-- Assignment --
Take from the material every line containing the string "IsReopened" and copy it.
----- Records provided
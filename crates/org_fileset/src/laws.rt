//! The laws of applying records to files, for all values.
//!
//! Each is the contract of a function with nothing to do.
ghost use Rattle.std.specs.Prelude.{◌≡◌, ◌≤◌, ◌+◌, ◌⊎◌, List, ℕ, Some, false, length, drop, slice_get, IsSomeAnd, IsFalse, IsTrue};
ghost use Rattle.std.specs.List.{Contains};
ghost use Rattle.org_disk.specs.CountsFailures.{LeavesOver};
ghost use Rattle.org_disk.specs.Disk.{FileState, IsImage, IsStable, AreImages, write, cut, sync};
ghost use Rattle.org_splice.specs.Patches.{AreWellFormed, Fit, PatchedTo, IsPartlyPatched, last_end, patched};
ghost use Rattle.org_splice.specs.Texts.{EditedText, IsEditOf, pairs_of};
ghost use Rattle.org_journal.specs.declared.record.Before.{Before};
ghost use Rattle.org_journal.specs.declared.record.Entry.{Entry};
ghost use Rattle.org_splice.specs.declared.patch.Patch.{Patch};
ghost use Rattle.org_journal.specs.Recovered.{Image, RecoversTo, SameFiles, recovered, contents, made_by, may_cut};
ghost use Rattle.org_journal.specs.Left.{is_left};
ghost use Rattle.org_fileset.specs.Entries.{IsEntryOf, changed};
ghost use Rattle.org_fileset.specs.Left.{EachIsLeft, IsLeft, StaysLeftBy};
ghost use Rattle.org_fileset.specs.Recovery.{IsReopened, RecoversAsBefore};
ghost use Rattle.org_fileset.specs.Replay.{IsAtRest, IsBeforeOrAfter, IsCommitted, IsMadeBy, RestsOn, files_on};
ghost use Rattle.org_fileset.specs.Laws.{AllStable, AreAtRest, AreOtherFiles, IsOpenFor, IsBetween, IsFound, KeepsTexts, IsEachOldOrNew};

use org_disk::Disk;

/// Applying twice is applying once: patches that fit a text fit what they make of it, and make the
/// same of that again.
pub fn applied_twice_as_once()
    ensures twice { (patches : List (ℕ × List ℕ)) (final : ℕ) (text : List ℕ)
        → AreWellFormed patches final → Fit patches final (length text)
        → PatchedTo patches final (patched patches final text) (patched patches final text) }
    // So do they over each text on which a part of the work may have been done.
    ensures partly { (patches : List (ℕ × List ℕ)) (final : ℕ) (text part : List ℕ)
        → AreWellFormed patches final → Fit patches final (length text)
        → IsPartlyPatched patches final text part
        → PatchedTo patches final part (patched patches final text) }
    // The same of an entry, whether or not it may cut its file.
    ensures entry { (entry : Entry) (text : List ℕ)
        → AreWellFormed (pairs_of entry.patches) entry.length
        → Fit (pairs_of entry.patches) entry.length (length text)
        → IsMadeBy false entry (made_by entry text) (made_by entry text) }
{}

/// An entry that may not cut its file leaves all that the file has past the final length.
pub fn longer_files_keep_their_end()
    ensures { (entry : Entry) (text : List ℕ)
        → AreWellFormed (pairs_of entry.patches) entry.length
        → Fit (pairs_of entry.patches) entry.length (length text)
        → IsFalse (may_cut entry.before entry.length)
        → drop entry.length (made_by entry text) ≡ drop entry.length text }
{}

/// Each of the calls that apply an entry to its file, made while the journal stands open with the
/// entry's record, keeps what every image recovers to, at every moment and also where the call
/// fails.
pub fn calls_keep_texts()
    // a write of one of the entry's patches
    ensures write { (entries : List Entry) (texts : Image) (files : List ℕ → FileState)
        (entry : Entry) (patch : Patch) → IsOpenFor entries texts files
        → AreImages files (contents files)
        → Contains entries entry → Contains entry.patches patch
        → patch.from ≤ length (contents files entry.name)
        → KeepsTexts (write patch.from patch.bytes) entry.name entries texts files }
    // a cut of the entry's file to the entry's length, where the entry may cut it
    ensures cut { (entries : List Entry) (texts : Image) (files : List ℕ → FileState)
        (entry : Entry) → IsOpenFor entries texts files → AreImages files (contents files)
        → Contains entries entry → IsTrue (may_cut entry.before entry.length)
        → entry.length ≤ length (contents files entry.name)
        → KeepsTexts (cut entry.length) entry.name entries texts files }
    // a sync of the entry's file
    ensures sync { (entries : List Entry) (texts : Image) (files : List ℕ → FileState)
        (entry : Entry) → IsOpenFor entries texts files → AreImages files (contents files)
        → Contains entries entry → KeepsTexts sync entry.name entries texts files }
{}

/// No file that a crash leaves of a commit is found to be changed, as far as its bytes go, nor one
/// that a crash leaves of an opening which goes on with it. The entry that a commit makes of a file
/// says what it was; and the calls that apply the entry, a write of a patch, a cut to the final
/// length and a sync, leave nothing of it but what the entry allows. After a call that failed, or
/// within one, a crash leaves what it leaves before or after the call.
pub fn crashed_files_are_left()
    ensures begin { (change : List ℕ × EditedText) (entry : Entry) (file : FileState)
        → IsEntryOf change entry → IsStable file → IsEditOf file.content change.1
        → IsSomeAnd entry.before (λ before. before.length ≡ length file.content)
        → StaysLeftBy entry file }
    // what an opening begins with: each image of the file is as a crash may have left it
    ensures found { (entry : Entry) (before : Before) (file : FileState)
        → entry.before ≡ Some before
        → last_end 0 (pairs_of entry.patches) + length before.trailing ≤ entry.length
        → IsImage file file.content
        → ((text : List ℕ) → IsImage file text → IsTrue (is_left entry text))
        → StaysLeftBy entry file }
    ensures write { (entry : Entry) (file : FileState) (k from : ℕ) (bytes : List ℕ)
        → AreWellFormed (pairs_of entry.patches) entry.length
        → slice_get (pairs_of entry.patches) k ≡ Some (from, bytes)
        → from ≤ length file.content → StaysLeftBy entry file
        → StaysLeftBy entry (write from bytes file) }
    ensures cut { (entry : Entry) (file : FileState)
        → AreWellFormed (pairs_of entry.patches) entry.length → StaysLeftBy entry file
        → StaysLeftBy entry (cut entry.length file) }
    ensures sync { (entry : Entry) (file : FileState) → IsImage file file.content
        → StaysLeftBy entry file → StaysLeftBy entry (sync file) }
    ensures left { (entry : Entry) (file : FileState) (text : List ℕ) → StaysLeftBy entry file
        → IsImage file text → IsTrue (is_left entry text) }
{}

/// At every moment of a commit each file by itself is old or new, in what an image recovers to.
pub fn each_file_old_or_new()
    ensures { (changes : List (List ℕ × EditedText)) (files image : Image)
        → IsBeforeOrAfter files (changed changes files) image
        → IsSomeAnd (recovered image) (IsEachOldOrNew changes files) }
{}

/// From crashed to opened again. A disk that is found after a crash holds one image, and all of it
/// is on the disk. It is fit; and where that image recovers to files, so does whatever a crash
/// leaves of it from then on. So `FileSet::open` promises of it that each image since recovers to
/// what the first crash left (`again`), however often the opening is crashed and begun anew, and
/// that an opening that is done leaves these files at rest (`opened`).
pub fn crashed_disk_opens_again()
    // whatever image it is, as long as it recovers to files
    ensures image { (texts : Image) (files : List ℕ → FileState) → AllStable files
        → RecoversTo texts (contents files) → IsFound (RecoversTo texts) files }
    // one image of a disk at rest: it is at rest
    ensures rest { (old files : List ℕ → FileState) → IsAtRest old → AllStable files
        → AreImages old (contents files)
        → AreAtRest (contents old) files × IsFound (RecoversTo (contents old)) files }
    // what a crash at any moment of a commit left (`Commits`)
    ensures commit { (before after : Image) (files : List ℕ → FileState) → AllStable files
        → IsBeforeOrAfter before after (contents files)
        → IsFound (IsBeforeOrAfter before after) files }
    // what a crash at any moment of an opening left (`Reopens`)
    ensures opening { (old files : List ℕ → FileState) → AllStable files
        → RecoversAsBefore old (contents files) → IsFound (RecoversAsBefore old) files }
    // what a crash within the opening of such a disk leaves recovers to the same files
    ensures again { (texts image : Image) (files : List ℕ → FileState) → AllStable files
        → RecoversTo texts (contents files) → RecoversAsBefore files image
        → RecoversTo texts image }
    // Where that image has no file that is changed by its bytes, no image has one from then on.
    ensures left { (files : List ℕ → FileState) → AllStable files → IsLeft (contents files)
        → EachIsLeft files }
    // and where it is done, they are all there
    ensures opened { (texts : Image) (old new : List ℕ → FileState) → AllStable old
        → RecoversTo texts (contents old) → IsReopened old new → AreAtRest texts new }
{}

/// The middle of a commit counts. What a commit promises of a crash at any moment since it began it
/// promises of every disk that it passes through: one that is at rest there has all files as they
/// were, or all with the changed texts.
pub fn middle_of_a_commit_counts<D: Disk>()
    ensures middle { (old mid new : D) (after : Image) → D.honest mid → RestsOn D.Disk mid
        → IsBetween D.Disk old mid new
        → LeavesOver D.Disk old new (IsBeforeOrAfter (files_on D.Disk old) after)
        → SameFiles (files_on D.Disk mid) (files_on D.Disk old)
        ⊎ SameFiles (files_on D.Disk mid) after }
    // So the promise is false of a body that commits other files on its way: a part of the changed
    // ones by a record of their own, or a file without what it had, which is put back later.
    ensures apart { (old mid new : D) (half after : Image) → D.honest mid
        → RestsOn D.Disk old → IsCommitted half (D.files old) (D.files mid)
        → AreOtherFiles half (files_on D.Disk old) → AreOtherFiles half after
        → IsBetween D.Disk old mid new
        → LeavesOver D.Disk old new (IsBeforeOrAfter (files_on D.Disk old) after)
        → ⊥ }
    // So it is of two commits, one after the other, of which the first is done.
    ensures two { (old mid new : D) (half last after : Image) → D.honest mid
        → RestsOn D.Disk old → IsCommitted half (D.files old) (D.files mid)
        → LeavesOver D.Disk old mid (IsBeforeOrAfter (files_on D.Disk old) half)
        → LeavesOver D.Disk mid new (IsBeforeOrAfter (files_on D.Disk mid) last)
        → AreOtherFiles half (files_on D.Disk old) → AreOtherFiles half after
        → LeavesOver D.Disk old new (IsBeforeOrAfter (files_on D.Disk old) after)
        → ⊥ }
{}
----------
----- Records provided
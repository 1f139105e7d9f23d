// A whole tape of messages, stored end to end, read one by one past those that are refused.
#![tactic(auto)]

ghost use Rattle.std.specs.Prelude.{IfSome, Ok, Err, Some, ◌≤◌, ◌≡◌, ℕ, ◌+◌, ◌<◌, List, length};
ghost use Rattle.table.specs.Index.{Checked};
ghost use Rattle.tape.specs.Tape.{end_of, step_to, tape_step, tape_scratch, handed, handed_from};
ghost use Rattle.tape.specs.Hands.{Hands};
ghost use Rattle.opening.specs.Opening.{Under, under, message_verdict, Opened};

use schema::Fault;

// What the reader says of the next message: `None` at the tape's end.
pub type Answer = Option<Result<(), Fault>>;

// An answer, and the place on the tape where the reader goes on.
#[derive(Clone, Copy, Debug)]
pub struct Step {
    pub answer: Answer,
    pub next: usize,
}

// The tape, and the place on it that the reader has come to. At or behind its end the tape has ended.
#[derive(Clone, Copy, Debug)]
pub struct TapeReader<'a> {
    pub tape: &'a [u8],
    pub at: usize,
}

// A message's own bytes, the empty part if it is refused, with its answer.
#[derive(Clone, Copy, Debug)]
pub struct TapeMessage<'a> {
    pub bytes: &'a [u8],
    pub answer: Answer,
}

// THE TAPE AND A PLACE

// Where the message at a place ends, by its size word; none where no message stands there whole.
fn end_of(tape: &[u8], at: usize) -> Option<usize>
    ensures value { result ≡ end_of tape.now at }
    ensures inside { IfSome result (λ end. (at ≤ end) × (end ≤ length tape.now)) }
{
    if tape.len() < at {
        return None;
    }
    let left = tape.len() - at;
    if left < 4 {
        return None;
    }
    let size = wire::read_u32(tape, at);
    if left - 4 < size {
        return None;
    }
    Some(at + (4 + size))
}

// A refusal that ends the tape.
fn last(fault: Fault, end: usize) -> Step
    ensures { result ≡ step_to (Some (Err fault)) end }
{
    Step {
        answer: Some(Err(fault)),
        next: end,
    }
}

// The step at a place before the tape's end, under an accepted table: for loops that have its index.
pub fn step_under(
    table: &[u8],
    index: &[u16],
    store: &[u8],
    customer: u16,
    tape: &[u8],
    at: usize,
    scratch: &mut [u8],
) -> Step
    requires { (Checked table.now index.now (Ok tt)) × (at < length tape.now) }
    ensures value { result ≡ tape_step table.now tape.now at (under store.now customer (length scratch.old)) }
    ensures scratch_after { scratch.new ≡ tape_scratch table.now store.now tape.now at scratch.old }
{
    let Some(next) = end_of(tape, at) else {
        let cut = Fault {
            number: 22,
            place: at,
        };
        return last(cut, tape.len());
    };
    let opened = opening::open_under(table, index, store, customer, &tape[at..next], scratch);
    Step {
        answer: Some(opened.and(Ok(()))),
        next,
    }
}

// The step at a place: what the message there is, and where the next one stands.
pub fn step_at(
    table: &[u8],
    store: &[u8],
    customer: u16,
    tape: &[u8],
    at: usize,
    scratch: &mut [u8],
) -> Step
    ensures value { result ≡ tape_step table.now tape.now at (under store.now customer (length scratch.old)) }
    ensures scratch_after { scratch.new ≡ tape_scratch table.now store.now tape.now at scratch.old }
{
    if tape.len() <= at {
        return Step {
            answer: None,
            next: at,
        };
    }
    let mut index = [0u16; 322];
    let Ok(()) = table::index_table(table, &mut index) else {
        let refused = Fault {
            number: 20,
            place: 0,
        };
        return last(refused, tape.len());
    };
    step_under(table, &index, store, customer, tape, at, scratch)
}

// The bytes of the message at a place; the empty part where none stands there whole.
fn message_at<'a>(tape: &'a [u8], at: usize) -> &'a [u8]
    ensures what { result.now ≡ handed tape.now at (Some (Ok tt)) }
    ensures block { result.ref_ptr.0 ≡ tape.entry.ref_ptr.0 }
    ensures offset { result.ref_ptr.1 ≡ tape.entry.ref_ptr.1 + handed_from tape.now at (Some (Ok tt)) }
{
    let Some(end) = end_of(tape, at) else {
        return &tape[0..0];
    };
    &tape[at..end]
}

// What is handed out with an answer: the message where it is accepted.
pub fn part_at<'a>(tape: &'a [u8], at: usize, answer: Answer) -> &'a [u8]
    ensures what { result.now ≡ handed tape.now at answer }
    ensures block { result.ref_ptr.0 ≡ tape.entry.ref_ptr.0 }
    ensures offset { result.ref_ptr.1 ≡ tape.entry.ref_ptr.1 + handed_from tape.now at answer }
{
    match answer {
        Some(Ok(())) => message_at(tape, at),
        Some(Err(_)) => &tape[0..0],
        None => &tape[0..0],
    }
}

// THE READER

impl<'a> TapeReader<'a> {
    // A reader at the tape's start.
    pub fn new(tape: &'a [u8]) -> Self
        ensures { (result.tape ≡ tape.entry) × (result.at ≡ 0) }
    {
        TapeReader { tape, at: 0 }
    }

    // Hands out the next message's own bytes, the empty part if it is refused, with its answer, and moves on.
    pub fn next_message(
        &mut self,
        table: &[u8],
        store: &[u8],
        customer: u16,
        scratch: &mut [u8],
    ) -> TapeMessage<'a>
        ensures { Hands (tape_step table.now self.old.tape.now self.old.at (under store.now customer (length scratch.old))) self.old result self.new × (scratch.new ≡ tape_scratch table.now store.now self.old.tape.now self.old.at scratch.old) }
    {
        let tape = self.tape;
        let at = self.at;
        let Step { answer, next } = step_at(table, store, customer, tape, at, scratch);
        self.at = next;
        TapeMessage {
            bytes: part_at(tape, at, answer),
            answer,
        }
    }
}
----------
----- Records provided
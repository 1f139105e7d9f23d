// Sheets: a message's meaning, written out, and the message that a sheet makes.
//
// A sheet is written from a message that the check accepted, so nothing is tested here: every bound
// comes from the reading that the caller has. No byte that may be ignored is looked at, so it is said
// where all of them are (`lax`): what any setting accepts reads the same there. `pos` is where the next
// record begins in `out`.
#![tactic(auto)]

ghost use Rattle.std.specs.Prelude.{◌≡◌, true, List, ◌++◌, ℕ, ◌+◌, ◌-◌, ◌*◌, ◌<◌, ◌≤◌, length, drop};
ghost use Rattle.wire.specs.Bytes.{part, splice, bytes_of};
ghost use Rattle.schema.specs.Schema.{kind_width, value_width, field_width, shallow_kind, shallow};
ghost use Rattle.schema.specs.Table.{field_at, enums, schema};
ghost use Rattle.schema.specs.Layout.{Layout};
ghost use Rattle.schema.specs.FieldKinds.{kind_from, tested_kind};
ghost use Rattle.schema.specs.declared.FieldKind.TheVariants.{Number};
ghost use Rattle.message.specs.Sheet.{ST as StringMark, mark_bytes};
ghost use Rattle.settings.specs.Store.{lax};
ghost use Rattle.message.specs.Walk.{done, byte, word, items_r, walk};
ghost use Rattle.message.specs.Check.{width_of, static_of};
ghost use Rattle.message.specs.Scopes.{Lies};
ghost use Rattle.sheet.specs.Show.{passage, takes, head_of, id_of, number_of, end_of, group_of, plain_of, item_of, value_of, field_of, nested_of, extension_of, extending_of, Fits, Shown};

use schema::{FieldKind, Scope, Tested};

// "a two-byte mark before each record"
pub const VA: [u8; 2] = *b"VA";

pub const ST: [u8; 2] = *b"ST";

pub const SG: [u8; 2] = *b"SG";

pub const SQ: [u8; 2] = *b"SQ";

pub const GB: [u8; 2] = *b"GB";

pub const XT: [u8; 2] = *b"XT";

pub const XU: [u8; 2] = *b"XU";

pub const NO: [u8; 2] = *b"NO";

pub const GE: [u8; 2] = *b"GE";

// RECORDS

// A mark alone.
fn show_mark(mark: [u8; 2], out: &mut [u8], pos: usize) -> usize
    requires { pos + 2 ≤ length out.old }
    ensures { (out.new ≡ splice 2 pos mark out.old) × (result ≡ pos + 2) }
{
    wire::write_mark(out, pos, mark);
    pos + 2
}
----------
-- Answer below --
ghost use Rattle.org_fileset.specs.Recovery.{IsReopened, RecoversAsBefore};
        → RecoversTo texts (contents old) → IsReopened old new → AreAtRest texts new }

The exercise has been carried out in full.